BEGIN

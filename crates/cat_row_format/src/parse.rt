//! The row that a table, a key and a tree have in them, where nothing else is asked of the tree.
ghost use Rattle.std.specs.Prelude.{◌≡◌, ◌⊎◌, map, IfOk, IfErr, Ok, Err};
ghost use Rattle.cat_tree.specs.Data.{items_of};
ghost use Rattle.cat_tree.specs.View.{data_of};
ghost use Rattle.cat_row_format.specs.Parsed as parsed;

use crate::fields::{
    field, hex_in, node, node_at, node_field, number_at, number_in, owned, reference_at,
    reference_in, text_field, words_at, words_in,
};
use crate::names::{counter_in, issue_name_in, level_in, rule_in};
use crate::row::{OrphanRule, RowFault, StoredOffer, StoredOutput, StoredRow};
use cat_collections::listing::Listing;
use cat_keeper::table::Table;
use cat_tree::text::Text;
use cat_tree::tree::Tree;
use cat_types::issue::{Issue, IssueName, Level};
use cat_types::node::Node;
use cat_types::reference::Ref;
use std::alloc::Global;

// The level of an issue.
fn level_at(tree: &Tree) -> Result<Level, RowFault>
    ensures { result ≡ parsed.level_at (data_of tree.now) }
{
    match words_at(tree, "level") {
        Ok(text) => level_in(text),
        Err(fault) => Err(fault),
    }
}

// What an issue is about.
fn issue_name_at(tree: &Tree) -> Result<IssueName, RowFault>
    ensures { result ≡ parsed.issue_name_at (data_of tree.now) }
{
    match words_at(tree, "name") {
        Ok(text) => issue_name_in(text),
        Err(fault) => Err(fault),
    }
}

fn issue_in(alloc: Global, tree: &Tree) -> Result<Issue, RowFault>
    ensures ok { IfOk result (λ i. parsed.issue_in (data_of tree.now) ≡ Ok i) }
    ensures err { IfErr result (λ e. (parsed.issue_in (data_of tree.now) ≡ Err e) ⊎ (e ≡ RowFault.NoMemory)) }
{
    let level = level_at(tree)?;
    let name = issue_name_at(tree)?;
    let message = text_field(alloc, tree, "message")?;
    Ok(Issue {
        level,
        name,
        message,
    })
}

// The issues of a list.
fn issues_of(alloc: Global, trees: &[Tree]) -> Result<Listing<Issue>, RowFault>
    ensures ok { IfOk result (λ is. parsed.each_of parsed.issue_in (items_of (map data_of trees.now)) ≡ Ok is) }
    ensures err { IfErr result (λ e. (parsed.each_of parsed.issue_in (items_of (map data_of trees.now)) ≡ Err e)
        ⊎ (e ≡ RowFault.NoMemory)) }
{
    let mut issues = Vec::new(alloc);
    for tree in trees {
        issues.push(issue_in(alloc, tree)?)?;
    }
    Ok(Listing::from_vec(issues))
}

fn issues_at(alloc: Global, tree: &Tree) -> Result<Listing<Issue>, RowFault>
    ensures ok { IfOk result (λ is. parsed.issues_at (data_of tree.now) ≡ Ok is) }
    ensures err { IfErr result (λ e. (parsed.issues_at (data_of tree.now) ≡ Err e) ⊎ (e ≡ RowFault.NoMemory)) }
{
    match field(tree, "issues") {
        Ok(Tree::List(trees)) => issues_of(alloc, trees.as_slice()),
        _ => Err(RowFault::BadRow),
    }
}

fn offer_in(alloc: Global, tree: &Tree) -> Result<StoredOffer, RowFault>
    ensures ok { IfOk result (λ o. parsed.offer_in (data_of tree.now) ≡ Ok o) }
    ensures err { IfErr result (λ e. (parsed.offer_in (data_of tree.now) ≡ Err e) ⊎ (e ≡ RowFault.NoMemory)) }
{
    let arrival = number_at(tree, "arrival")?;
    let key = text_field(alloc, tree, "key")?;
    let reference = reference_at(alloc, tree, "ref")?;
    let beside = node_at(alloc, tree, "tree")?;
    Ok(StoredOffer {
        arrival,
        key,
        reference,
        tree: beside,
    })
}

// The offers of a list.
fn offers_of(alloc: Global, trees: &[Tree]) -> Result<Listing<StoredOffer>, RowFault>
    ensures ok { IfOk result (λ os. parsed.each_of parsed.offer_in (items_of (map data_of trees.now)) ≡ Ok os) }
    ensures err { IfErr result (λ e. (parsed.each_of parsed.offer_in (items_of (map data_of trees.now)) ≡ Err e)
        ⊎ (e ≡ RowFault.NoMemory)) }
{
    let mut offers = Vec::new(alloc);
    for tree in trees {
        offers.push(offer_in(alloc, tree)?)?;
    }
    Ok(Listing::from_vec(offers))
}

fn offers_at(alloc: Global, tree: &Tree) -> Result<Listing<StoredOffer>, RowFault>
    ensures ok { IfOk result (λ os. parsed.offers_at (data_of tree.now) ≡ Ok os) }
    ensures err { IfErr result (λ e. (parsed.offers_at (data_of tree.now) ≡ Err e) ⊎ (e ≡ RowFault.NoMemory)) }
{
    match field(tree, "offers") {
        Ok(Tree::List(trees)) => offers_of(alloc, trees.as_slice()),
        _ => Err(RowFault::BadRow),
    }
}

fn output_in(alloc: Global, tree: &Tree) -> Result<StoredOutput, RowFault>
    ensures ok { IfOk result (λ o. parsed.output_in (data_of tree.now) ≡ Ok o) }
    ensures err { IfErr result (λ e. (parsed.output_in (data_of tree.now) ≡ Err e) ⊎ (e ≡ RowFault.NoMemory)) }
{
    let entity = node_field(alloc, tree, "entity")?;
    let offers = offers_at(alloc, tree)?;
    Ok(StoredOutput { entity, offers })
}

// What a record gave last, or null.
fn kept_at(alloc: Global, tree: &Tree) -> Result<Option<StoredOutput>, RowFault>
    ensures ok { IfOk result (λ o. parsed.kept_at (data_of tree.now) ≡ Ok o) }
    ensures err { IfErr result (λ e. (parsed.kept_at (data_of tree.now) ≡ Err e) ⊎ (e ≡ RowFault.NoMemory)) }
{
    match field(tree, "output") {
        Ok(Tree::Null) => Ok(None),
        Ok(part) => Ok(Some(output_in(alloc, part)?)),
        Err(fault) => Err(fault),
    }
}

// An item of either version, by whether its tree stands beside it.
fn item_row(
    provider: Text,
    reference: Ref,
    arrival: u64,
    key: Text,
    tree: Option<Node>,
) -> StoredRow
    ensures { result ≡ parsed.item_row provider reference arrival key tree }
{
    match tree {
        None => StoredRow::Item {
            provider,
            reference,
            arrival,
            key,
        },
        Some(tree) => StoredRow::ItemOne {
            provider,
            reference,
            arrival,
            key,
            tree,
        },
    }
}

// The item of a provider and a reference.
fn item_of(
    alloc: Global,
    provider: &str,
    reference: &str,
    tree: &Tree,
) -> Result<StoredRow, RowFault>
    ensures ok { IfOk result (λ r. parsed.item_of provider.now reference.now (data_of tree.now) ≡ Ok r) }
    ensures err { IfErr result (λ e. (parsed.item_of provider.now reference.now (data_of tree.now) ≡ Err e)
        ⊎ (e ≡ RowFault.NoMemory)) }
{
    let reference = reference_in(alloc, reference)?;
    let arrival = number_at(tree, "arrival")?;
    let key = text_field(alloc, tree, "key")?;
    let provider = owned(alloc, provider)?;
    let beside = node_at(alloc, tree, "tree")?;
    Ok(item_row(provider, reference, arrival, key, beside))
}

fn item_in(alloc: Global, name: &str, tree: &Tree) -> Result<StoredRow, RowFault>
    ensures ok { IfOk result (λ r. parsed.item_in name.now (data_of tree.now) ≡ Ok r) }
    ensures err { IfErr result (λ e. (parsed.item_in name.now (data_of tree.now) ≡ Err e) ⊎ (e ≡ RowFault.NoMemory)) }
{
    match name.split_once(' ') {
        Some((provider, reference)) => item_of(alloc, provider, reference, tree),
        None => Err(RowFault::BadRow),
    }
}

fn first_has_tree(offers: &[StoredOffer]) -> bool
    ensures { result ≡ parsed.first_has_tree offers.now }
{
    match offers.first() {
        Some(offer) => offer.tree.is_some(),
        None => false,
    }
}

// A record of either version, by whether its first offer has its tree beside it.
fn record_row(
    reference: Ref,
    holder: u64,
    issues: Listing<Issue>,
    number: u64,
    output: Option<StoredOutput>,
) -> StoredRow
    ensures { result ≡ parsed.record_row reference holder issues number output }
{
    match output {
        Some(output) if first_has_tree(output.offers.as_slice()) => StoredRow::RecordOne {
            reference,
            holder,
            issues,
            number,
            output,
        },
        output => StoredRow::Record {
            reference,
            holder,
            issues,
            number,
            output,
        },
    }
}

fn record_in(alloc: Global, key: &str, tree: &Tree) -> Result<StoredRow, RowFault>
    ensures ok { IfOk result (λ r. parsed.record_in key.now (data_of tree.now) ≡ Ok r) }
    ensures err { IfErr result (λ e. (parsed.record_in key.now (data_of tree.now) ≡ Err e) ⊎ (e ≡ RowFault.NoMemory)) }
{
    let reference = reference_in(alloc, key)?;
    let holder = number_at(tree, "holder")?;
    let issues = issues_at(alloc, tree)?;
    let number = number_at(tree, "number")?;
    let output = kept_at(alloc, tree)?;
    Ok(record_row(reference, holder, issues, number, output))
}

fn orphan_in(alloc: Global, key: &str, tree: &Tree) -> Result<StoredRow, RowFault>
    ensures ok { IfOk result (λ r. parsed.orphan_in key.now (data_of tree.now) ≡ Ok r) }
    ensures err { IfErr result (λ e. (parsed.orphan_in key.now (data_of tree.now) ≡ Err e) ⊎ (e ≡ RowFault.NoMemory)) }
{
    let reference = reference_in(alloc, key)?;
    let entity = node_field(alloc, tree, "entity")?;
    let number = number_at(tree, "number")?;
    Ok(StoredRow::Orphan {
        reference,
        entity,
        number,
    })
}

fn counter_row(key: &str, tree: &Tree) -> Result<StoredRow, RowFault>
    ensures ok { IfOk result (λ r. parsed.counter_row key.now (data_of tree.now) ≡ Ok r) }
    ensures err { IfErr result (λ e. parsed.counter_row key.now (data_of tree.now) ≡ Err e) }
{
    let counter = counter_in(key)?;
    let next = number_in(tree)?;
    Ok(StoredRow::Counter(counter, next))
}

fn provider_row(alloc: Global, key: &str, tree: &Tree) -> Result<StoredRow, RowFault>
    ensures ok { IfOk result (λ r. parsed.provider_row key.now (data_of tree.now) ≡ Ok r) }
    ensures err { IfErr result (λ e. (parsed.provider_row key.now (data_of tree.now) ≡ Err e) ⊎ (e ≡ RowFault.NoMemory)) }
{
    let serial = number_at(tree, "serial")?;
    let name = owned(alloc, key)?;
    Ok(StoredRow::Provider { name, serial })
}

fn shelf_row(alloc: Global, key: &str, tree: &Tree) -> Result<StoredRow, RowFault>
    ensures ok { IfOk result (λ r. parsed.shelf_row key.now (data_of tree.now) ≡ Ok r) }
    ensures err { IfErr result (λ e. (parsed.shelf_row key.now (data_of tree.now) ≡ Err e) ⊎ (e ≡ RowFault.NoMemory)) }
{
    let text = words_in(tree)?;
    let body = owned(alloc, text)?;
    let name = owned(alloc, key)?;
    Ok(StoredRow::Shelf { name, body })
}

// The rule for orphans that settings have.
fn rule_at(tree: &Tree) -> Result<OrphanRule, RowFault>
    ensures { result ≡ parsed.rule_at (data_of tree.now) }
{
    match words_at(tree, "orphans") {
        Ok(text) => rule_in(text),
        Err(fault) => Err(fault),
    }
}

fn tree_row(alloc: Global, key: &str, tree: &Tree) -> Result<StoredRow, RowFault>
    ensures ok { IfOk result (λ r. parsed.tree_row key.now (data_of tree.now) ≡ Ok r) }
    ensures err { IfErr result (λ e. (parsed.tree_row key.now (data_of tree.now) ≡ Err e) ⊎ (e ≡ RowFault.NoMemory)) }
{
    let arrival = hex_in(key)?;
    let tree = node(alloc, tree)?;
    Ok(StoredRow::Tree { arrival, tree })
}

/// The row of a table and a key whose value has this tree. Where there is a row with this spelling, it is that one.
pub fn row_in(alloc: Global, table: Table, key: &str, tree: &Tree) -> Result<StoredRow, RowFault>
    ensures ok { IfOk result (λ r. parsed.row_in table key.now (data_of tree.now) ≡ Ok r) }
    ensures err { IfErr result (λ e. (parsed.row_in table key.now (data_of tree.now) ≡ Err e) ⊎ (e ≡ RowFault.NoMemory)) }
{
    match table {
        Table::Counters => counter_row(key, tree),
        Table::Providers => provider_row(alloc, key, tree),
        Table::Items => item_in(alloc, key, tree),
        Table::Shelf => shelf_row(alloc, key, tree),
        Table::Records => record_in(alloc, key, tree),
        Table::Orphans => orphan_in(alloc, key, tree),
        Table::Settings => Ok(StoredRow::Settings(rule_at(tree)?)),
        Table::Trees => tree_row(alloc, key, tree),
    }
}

END

→ **Activity**
Go through the data above and copy each line in which "specs" appears.

→ **Response box**
ghost use Rattle.std.specs.Prelude.{◌≡◌, ◌⊎◌, map, IfOk, IfErr, Ok, Err};
ghost use Rattle.cat_tree.specs.Data.{items_of};
ghost use Rattle.cat_tree.specs.View.{data_of};
ghost use Rattle.cat_row_format.specs.Parsed as parsed;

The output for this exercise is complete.